Extracted records -

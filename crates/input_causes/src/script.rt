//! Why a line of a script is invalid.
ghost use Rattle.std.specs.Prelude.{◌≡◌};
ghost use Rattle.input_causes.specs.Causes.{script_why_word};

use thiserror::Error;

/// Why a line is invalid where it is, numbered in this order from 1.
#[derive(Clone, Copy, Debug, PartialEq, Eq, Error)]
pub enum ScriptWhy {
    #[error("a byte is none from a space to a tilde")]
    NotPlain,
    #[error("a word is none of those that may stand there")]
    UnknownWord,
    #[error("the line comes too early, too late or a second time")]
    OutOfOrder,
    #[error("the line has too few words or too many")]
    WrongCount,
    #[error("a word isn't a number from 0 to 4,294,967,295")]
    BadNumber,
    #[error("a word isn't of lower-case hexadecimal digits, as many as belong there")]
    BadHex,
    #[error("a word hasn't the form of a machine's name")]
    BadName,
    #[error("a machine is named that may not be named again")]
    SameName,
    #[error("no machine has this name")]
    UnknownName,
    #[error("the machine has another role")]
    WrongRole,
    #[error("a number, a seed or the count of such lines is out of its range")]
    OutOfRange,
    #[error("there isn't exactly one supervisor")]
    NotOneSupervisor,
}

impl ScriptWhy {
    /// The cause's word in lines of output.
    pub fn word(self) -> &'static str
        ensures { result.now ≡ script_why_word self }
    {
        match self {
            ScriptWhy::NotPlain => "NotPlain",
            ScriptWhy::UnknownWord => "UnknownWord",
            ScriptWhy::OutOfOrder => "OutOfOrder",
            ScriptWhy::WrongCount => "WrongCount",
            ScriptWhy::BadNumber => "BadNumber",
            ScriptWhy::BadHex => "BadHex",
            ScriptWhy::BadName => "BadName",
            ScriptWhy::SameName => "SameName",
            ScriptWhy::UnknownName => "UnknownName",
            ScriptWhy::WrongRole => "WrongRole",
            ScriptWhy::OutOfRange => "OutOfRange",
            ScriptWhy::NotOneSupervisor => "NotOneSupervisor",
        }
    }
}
==
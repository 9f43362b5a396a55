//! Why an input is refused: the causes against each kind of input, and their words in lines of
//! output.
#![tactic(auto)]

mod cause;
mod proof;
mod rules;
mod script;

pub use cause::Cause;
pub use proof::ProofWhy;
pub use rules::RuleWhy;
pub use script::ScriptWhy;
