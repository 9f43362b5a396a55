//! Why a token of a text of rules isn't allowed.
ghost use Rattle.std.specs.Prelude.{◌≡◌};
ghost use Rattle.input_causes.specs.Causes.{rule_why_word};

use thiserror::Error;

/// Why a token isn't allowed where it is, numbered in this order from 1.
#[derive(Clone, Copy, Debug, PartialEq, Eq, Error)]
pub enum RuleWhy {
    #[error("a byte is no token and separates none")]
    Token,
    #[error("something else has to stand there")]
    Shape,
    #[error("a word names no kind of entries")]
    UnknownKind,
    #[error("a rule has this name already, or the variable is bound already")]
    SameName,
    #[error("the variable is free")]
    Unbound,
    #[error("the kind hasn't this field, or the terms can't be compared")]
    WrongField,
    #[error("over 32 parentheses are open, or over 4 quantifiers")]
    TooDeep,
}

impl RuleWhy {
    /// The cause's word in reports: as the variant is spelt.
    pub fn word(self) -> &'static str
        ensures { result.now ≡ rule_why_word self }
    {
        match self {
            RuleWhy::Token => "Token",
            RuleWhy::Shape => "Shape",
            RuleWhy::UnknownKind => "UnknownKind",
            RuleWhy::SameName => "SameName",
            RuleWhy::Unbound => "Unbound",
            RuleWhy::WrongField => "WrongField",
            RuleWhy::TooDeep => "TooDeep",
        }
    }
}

Aim of the exercise -
Search the data for the string "UnknownKind" and copy every line where it appears.

Task answer -
    UnknownKind,
            RuleWhy::UnknownKind => "UnknownKind",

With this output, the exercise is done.